Lokasi Tambang Batu Milik PT BRP di Konawe Diduga Tak Berizin

Redaksi
Ketua Gerakan Aktivis Mahasiswa Sulawesi Tenggara (GAM Sultra), Muhammad Syahri Ramadhan. (Foto: Istimewa).

KLIKSULTRA.ID, KONAWE – Gerakan Aktivis Mahasiswa Sulawesi Tenggara atau GAM Sultra menduga lokasi pengolahan batu PT Basuki Rahmanta Putra (BRP) yang terletak di Desa Wawohine, Kecamatan Amonggedo, Kabupaten Konawe, Sulawesi Tenggara (Sultra) tidak mengantongi izin produksi atau izin lainnya.

Ketua Umum GAM Sultra, Muhammad Syahri Ramadhan menjelaskan, pihaknya menemukan sederet dugaan pelanggaran PT BRP.

Mulai dari izin penambangan batu, truck pengangkut batu yang tidak ditutupi terpal dan menggunakan jalan umum secara beriringan, sehingga membahayakan pengguna jalan lainnya.

“Tidak hanya itu banyak sopir dump truck sering ugal-ugalan sehingga mengakibatkan terjadinya laka lantas dan korbannya meninggal dunia (MD). Sampai saat ini juga masi ada salah satu korban lakalantas yang terbaring sakit dan lumpu akibat kecelakaan,” jelasnya.

Ia mengatakan, perusaahan PT BRP diduga keras telah melakukan pelanggaran, dan sangat disayangkan aparat penegak hukum (APH) dan Dewan Perwakilan Rakyat Daerah (DPRD) Kabupaten Konawe diduga tutup mata dengan persoalan tersebut.

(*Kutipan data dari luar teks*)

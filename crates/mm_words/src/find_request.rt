//! What the words of `mm find` and `mm statement` ask for.

ghost use Rattle.std.specs.Prelude.{◌≡◌, ◌≢◌, ◌≤◌, ◌↔◌, ◌∷◌, [], List, map, length, IfOk};
ghost use Rattle.std.specs.Prelude.{IfErr, IsTrue, false, true, codes, unwrap_or};
ghost use Rattle.std.specs.List.{AllByRecursion};
ghost use Rattle.clap.specs.Words.{Text, all_of, first_of, found_of, rows_of};
ghost use Rattle.mm_base.specs.MostBytes.{most_bytes};
ghost use Rattle.mm_code.specs.Layout.{texts};
ghost use Rattle.mm_words.specs.Words.{AreFit, AreShort, Asks, AsksStatement, Commands, IsGapless};
ghost use Rattle.mm_words.specs.RefusedWords.{IsWordFault};

use crate::command_line::{
    ALL, AND, COMMENT, FILES, FIND_USE, HYPOTHESES, PATTERN, SHAPE, STATEMENT_USE, WHOLE,
};
use crate::matches::{asked_word, is_given, label_and_names, values_of};
use crate::request::{AskedPatterns, Request};
use crate::stop::Stop;
use clap::ArgMatches;
use mm_text::BYTE_LIMIT;
use mm_verdict::tokens_of;
use std::alloc::{AllocError, Global};

/// What stands in a pattern for any number of symbols.
const GAP: &[u8] = b"$*";

/// The request to list all assertions in the files with these names, with which no comments can be
/// asked for.
fn assertions_request<'a>(
    alloc: Global,
    names: Vec<&'a str>,
    comment: bool,
) -> Result<Request<'a>, Stop<'a>>
    ensures request { IfOk result (λ request. (words : List Text)
        → AsksStatement words true comment (map (λ name. name.now) names.entry.items)
        → Asks words request) }
    ensures fault { IfErr result (λ stop. (words : List Text)
        → AsksStatement words true comment (map (λ name. name.now) names.entry.items)
        → IsWordFault words stop) }
{
    if comment {
        return Err(Stop::Usage(format!(in alloc;
            "mm: --comment and --all exclude each other\nUsage: {STATEMENT_USE}\n"
        )?));
    }
    let command = mm_verdict::Command::Find {
        patterns: &[],
        whole: true,
        shape: false,
        hypotheses: false,
    };
    Ok(Request::Run { command, names })
}

/// What the matches of the command `statement` ask for: with `--all` each word names a file, else
/// the first is a label.
pub(crate) fn statement_request<'a>(
    alloc: Global,
    matches: &ArgMatches<'a>,
) -> Result<Request<'a>, Stop<'a>>
    ensures request { IfOk result (λ request. (words : List Text)
        → Commands words (codes "statement") (rows_of (found_of matches.now))
        → Asks words request) }
    ensures fault { IfErr result (λ stop. (words : List Text)
        → Commands words (codes "statement") (rows_of (found_of matches.now))
        → IsWordFault words stop) }
{
    let words = values_of(alloc, matches, FILES)?;
    let comment = is_given(matches, COMMENT);
    if is_given(matches, ALL) {
        return assertions_request(alloc, words, comment);
    }
    let (label, names) = label_and_names(alloc, &words, STATEMENT_USE)?;
    let label = label.as_bytes();
    let command = mm_verdict::Command::Statement { label, comment };
    Ok(Request::Run { command, names })
}

/// The patterns in the matches of the command `find`: the one behind the command, and each behind
/// `--and`.
fn patterns_of<'a>(alloc: Global, matches: &ArgMatches<'a>) -> Result<Vec<&'a str>, AllocError>
    ensures { IfOk result (λ patterns. map (λ pattern. pattern.now) patterns.items
        ≡ unwrap_or (first_of (codes "PATTERN") (rows_of (found_of matches.now))) []
        ∷ unwrap_or (all_of (codes "and") (rows_of (found_of matches.now))) []) }
{
    let others = values_of(alloc, matches, AND)?;
    let mut patterns = Vec::new(alloc);
    patterns.push(asked_word(matches, PATTERN))?;
    patterns.extend_from_slice(&others)?;
    Ok(patterns)
}

/// Whether no pattern has more bytes than files may have.
#[tactic(auto, using(crate::proofs::AskedWords::short_more, crate::proofs::AskedWords::short_at))]
fn are_short(patterns: &[&str]) -> bool
    ensures short { IsTrue result → AreShort (map (λ pattern. pattern.now) patterns.now) }
    ensures long { result ≡ false → ¬ (AreShort (map (λ pattern. pattern.now) patterns.now)) }
{
    for pattern in patterns {
        if pattern.len() > BYTE_LIMIT {
            return false;
        }
    }
    true
}

/// Whether none of the tokens is `$*`.
fn hold_no_gap(tokens: &[&[u8]]) -> bool
    ensures { IsTrue result
        ↔ AllByRecursion (λ token. token ≢ codes "$*") (texts tokens.now) }
{
    for token in tokens {
        if *token == GAP {
            return false;
        }
    }
    true
}

/// Whether no token of the pattern is `$*`.
fn is_gapless(alloc: Global, pattern: &[u8]) -> Result<bool, AllocError>
    requires { length pattern.now ≤ most_bytes }
    ensures { IfOk result (λ gapless. IsTrue gapless ↔ IsGapless pattern.now) }
{
    let tokens = tokens_of(alloc, pattern)?;
    Ok(hold_no_gap(&tokens))
}

/// Whether no token of any of the patterns is `$*`.
fn are_gapless(alloc: Global, patterns: &[&str]) -> Result<bool, AllocError>
    requires { AreShort (map (λ pattern. pattern.now) patterns.now) }
    ensures { IfOk result (λ gapless. IsTrue gapless
        ↔ AllByRecursion IsGapless (map (λ pattern. pattern.now) patterns.now)) }
{
    for pattern in patterns {
        let gapless = is_gapless(alloc, pattern.as_bytes())?;
        if !gapless {
            return Ok(false);
        }
    }
    Ok(true)
}

/// Whether the patterns may be sought so: by their shape where none of them holds `$*`.
fn are_fit(alloc: Global, shape: bool, patterns: &[&str]) -> Result<bool, AllocError>
    requires { AreShort (map (λ pattern. pattern.now) patterns.now) }
    ensures { IfOk result (λ fit. IsTrue fit
        ↔ AreFit shape (map (λ pattern. pattern.now) patterns.now)) }
{
    if shape {
        are_gapless(alloc, patterns)
    } else {
        Ok(true)
    }
}

/// What the matches of the command `find` ask for.
pub(crate) fn find_request<'a>(
    alloc: Global,
    matches: &ArgMatches<'a>,
) -> Result<Request<'a>, Stop<'a>>
    ensures request { IfOk result (λ request. (words : List Text)
        → Commands words (codes "find") (rows_of (found_of matches.now))
        → Asks words request) }
    ensures fault { IfErr result (λ stop. (words : List Text)
        → Commands words (codes "find") (rows_of (found_of matches.now))
        → IsWordFault words stop) }
{
    let patterns = patterns_of(alloc, matches)?;
    let whole = is_given(matches, WHOLE);
    let shape = is_given(matches, SHAPE);
    let hypotheses = is_given(matches, HYPOTHESES);
    let names = values_of(alloc, matches, FILES)?;
    if !are_short(&patterns) {
        return Err(Stop::Usage(format!(in alloc;
            "mm: a pattern has more than {BYTE_LIMIT} bytes\nUsage: {FIND_USE}\n"
        )?));
    }
    let fit = are_fit(alloc, shape, &patterns)?;
    if !fit {
        return Err(Stop::Usage(format!(in alloc; "mm: --shape takes no $*\nUsage: {FIND_USE}\n")?));
    }
    Ok(Request::Find(AskedPatterns {
        patterns,
        whole,
        shape,
        hypotheses,
        names,
    }))
}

“Kami telah memasukan laporan sederet dugaan pelanggaran yang diduga dilakukan oleh PT Basuki Rahmanta Putra (BRP) ke Mabes Polri, sekaligus mendesak DPRD Kab.Konawe untuk turun di lokasi penambangan batu PT BRP meminta kelengkapan izin penambangan batu yang dikantonginya,” ungkapnya.

Saat dikonfirmasi humas eksternal PT BRP yang enggan disebutkan namanya mengatakan, PT BRP hanya membeli batu kepada pemilik lokasi yang terletak di Desa Wawohine.

Soal izin bukan urusan PT BRP Namun pihaknya juga tidak mengetahui apakah pemilik lokasi batu itu memiliki izin produksi atau tidak.

“PT BRP tidak ada izinnya, karena dia hanya beli batu, coba koordinasi ke pemilik lokasi batu,” katanya melalui telepon selulernya.

Sementara itu, pemilik lokasi penambangan batu di Desa Wawohine, Sabda saat di konfirmasi mengatakan, soal izin produksi atau izin lainnya, itu urusan pihak perusahaan PT BRP.

Ia juga baru akan mempertanyakan izin tersebut kepada pihak perusahaan yang menambang batu di lokasi miliknya.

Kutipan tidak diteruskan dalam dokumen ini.